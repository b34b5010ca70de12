//! The first name on the way down to each name of a zone that decides at those below it.

ghost use Rattle.std.specs.Prelude.{◌≡◌, ◌<◌, ◌-◌, ◌&&◌, true, [], length, nat_lt, slice_index_or, IfOk};
ghost use Rattle.dns_data.specs.Name.{is_prefix};
ghost use Rattle.dns_data.specs.TypeSet.{has_bit};
ghost use Rattle.dns_data.specs.declared.rr_type.RrType.{RrType};
ghost use Rattle.net_model.specs.Zone.{owns};
ghost use Rattle.zone_tree.specs.FirstDecider.{is_cut, decides_below, IsFirstDecider, AreFirstDeciders};
ghost use Rattle.zone_tree.specs.Records.{IsTree};

use crate::node::NodeId;
use crate::owned_data::OwnedData;
use dns_data::{Name, NoMemory, RrType, TypeSet};
use net_model::Zone;
use std::alloc::Global;

/// For each of the existing names of a zone, in order, the first name from the origin down to it that decides at those
/// below it; the origin where none does.
pub(crate) fn first_deciders(
    alloc: Global,
    zone: &Zone,
    names: &[Name],
    records: &OwnedData<'_>,
) -> Result<Vec<NodeId>, NoMemory>
    requires { IsTree zone.now names.now records.now }
    ensures { IfOk result (λ firsts. AreFirstDeciders zone.now names.now firsts.items) }
{
    let mut firsts = Vec::with_capacity(alloc, names.len())?;
    let mut before = NodeId::at(0);
    for place in 0..names.len() {
        before = first_decider_at(zone, names, records, before, place);
        firsts.push(before)?;
    }
    Ok(firsts)
}

/// The first decider of the name at a place, by that of the name before it.
fn first_decider_at(
    zone: &Zone,
    names: &[Name],
    records: &OwnedData<'_>,
    before: NodeId,
    place: usize,
) -> NodeId
    requires tree { IsTree zone.now names.now records.now }
    requires within { place < length names.now }
    requires before { IsFirstDecider zone.now names.now (slice_index_or names.now (place - 1) []) before }
    ensures { IsFirstDecider zone.now names.now (slice_index_or names.now place []) result }
{
    let name = &names[place];
    let above = &names[before.place()];
    if decides_at(zone, above, records.at(before.place()).types(), name) {
        return before;
    }
    if decides_below(zone, name, records.at(place).types()) {
        return NodeId::at(place);
    }
    NodeId::at(0)
}

/// Whether a name that owns these types has fewer labels than another, and decides at those below it.
fn decides_at(zone: &Zone, above: &Name, types: TypeSet, name: &Name) -> bool
    requires inside { is_prefix zone.now.origin above.now ≡ true }
    requires types { (rtype : RrType) → has_bit types rtype ≡ owns zone.now above.now rtype }
    ensures { result ≡ (nat_lt (length above.now) (length name.now) && decides_below zone.now above.now) }
{
    decides_below(zone, above, types) && above.len() < name.len()
}

/// Whether a name that owns these types decides at those below it: a zone cut, or the owner of a DNAME record.
fn decides_below(zone: &Zone, name: &Name, types: TypeSet) -> bool
    requires inside { is_prefix zone.now.origin name.now ≡ true }
    requires types { (rtype : RrType) → has_bit types rtype ≡ owns zone.now name.now rtype }
    ensures { result ≡ decides_below zone.now name.now }
{
    is_cut(zone, name, types) || types.has(RrType::Dname)
}

/// Whether a name that owns these types is a zone cut: below the origin, with NS records.
pub(crate) fn is_cut(zone: &Zone, name: &Name, types: TypeSet) -> bool
    requires { (rtype : RrType) → has_bit types rtype ≡ owns zone.now name.now rtype }
    ensures { result ≡ is_cut zone.now name.now }
{
    types.has(RrType::Ns) && name.len() > zone.origin.len()
}
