//! Delegations' signers and the keys that they match (RFC 4034, RFC 4509, RFC 6605).
//!
//! The layer above may rest on this: `is_ds` and `is_dnskey` tell the type of data; `signer_in` and `key_in` give what data
//! of a DS and of a DNSKEY record hold, or `None` where they don't have their form; `is_zone_key`, `is_entry_point` and
//! `is_tried` tell which are looked at; `digests_of` gives a key's digests, and `matches` tells whether a signer is that of
//! a key, as the definitions say.
//!
//! Costs: data are read once in each call, and a key is hashed once by each of the three functions in each `digests_of`. To
//! match a signer with a key takes no hashing.
#![tactic(auto)]

mod digests;
mod keys;
mod records;

pub use digests::{KeyDigests, digests_of, matches, wire_of};
pub use keys::{Key, Signer, is_entry_point, is_strong, is_tried, is_zone_key};
pub use records::{is_dnskey, is_ds, is_malformed, key_in, signer_in};
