//! What a name owns.

ghost use Rattle.std.specs.Prelude.{◌≡◌, map, List, All, [], ◌∷◌, IfSome, IfNone};
ghost use Rattle.std.specs.List.{filter};
ghost use Rattle.std.specs.Option.{option_map};
ghost use Rattle.dns_data.specs.Rdata.{has_type};
ghost use Rattle.dns_data.specs.declared.rdata.Rdata.{Rdata as RdataValue};
ghost use Rattle.net_model.specs.Zone.{target_of};
ghost use Rattle.zone_tree.specs.OwnedLists.{set_of, IsPartOf};
ghost use Rattle.zone_tree.specs.Records.{all_in, data_in, first_in, TellsTypes};

use crate::owned_lists::{RecordSet, items_of};
use dns_data::{Name, Rdata, Rr, RrType, TypeSet};
use std::slice;

/// The types of records.
pub(crate) fn types_of(own: &[&Rr]) -> TypeSet
    ensures { TellsTypes (map (λ rr. rr.now.rdata) own.now) result }
{
    let mut types = TypeSet::empty();
    for rr in own {
        if let Some(rtype) = rr.rtype() {
            types = types.union(TypeSet::one(rtype));
        }
    }
    types
}

/// The first data of a type, and the records behind them.
pub(crate) fn first_of_type<'r, 'a>(
    own: &'r [&'a Rr],
    rtype: RrType,
) -> Option<(&'a Rdata, &'r [&'a Rr])>
    ensures some { IfSome result (λ both. filter (has_type rtype) (map (λ rr. rr.now.rdata) own.now) ≡ both.0.now ∷ filter (has_type rtype) (map (λ rr. rr.now.rdata) both.1.now)) }
    ensures none { IfNone result (filter (has_type rtype) (map (λ rr. rr.now.rdata) own.now) ≡ []) }
{
    for (place, rr) in own.iter().enumerate() {
        if is_of_type(&rr.rdata, rtype) {
            return Some((&rr.rdata, &own[place + 1..]));
        }
    }
    None
}

/// Whether data are of a type.
pub(crate) fn is_of_type(rdata: &Rdata, rtype: RrType) -> bool
    ensures { result ≡ has_type rtype rdata.now }
{
    match rdata.rtype() {
        Some(other) => rtype.number() == other.number(),
        None => false,
    }
}

/// The name that a name server's, an alias's or a redirection's data hold.
pub(crate) fn target_of<'a>(rdata: &'a Rdata) -> Option<&'a Name>
    ensures { option_map (λ target. target.now) result ≡ target_of rdata.now }
{
    match rdata {
        Rdata::Ns(target) => Some(target),
        Rdata::Cname(target) => Some(target),
        Rdata::Dname(target) => Some(target),
        _ => None,
    }
}

/// The data of a type among sets, in the order of their texts.
pub(crate) fn data_in<'s>(
    sets: &'s [RecordSet<'_>],
    several: &'s [Rdata],
    rtype: RrType,
) -> &'s [Rdata]
    requires { All (λ set. IsPartOf several.now set.several) sets.now }
    ensures { result.now ≡ data_in (map (set_of several.now) sets.now) rtype }
{
    for set in sets {
        if set.rtype.number() == rtype.number() {
            return data_of_set(set, several);
        }
    }
    &[]
}

/// The data of a set, in the order of their texts.
fn data_of_set<'s>(set: &'s RecordSet<'_>, several: &'s [Rdata]) -> &'s [Rdata]
    requires { IsPartOf several.now set.now.several }
    ensures { result.now ≡ all_in (set_of several.now set.now) }
{
    let items = items_of(several, set.several);
    if items.is_empty() {
        return slice::from_ref(set.first);
    }
    items
}

/// The first data of a type in file order among sets.
pub(crate) fn first_in<'a>(sets: &[RecordSet<'a>], rtype: RrType) -> Option<&'a Rdata>
    ensures { (several : List RdataValue) → option_map (λ rdata. rdata.now) result ≡ first_in (map (set_of several) sets.now) rtype }
{
    for set in sets {
        if set.rtype.number() == rtype.number() {
            return Some(set.first);
        }
    }
    None
}
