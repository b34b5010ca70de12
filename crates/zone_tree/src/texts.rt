//! How the texts of data stand to each other.

ghost use Rattle.std.specs.Prelude.{◌≡◌, ◌≤◌, ℕ, List, [], ◌∷◌, ◌++◌, true, drop, length, IfOk, IfSome};
ghost use Rattle.std.specs.Cmp.Lexicographic.{slice_cmp};
ghost use Rattle.std.specs.Ordering.{nat_cmp};
ghost use Rattle.dns_data.specs.DataText.{data_text};
ghost use Rattle.dns_data.specs.Name.{Labels};
ghost use Rattle.dns_data.specs.Spelling.{name_text, label_text, octet_text};
ghost use Rattle.net_model.specs.Zone.{data_cmp};

use crate::records::target_of;
use dns_data::{Name, NoMemory, Octets, Rdata, octets_order, rdata_text};
use std::alloc::Global;
use std::cmp::Ordering;

/// How the text of data stands to that of others. No texts are made of names whose last labels tell it.
pub(crate) fn data_order(alloc: Global, left: &Rdata, right: &Rdata) -> Result<Ordering, NoMemory>
    ensures { IfOk result (λ order. order ≡ data_cmp left.now right.now) }
{
    if let Some(order) = order_of_targets(left, right) {
        return Ok(order);
    }
    let one = text_of(alloc, left)?;
    let other = text_of(alloc, right)?;
    Ok(octets_order(one.items(), other.items()))
}

/// The octets of the text of data, or none where the data are of no type that has texts.
pub(crate) fn text_of(alloc: Global, rdata: &Rdata) -> Result<Octets, NoMemory>
    ensures { IfOk result (λ text. text ≡ data_text rdata.now) }
{
    match rdata.rtype() {
        Some(_) => {
            let text = rdata_text(alloc, rdata)?;
            Octets::from_octets(alloc, text.as_bytes())
        }
        None => Ok(Octets::new()),
    }
}

/// How the text of data with a target stands to that of others, or `None` where the last labels of the targets don't
/// tell it.
fn order_of_targets(left: &Rdata, right: &Rdata) -> Option<Ordering>
    ensures { IfSome result (λ order. order ≡ data_cmp left.now right.now) }
{
    order_of_names(target_of(left)?, target_of(right)?)
}

/// How the text of a name stands to another's, or `None` where their last labels don't tell it.
fn order_of_names(left: &Name, right: &Name) -> Option<Ordering>
    ensures { IfSome result (λ order. order ≡ slice_cmp nat_cmp (name_text left.now) (name_text right.now)) }
{
    order_of_labels(last_label(left)?, last_label(right)?)
}

/// The last label of a name, with which its text begins.
fn last_label(name: &Name) -> Option<&[u8]>
    ensures { IfSome result (λ label. (front : Labels) × (name.now ≡ front ++ label.now ∷ [])) }
{
    let mut rest = name.labels();
    let mut last = None;
    while let Some(label) = rest.next() {
        last = Some(label);
    }
    last
}

/// How the text of a label stands to another's, whatever follows them, or `None` where an octet that would tell it is
/// escaped there, or they are one.
fn order_of_labels(left: &[u8], right: &[u8]) -> Option<Ordering>
    ensures { IfSome result (λ order. (more others : List ℕ) → order ≡ slice_cmp nat_cmp (label_text left.now ++ more) (label_text right.now ++ others)) }
{
    let both = left.len().min(right.len());
    let mut place = 0;
    while place < both && left[place] == right[place] {
        place += 1;
    }
    let one = first_of_text(left, place)?;
    let other = first_of_text(right, place)?;
    if one == other {
        None
    } else {
        Some(one.cmp(&other))
    }
}

/// The first octet of the text of a label from a place on, or `None` where it is an escape's.
fn first_of_text(label: &[u8], place: usize) -> Option<u8>
    requires { place ≤ length label.now }
    ensures { IfSome result (λ first. (rest : List ℕ) × (label_text (drop place label.now) ≡ first ∷ rest)) }
{
    if place == label.len() {
        return Some(b'.');
    }
    let octet = label[place];
    if is_plain(octet) { Some(octet) } else { None }
}

/// Whether an octet is one of those of hosts' names, which stand for themselves in texts.
fn is_plain(octet: u8) -> bool
    ensures { result ≡ true → octet_text octet ≡ octet ∷ [] }
{
    matches!(octet, b'a'..=b'z' | b'0'..=b'9' | b'-' | b'_')
}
+ + + +
- [WHAT YOU HAVE TO DO]
Your output should be the listing's lines, exact and complete, from its first line to the line that contains "for place in", inclusive.

- [ANSWER AREA]
repository b34b5010ca70de12
//! The first name on the way down to each name of a zone that decides at those below it.

ghost use Rattle.std.specs.Prelude.{◌≡◌, ◌<◌, ◌-◌, ◌&&◌, true, [], length, nat_lt, slice_index_or, IfOk};
ghost use Rattle.dns_data.specs.Name.{is_prefix};
ghost use Rattle.dns_data.specs.TypeSet.{has_bit};
ghost use Rattle.dns_data.specs.declared.rr_type.RrType.{RrType};
ghost use Rattle.net_model.specs.Zone.{owns};
ghost use Rattle.zone_tree.specs.FirstDecider.{is_cut, decides_below, IsFirstDecider, AreFirstDeciders};
ghost use Rattle.zone_tree.specs.Records.{IsTree};

use crate::node::NodeId;
use crate::owned_data::OwnedData;
use dns_data::{Name, NoMemory, RrType, TypeSet};
use net_model::Zone;
use std::alloc::Global;

/// For each of the existing names of a zone, in order, the first name from the origin down to it that decides at those
/// below it; the origin where none does.
pub(crate) fn first_deciders(
    alloc: Global,
    zone: &Zone,
    names: &[Name],
    records: &OwnedData<'_>,
) -> Result<Vec<NodeId>, NoMemory>
    requires { IsTree zone.now names.now records.now }
    ensures { IfOk result (λ firsts. AreFirstDeciders zone.now names.now firsts.items) }
{
    let mut firsts = Vec::with_capacity(alloc, names.len())?;
    let mut before = NodeId::at(0);
    for place in 0..names.len() {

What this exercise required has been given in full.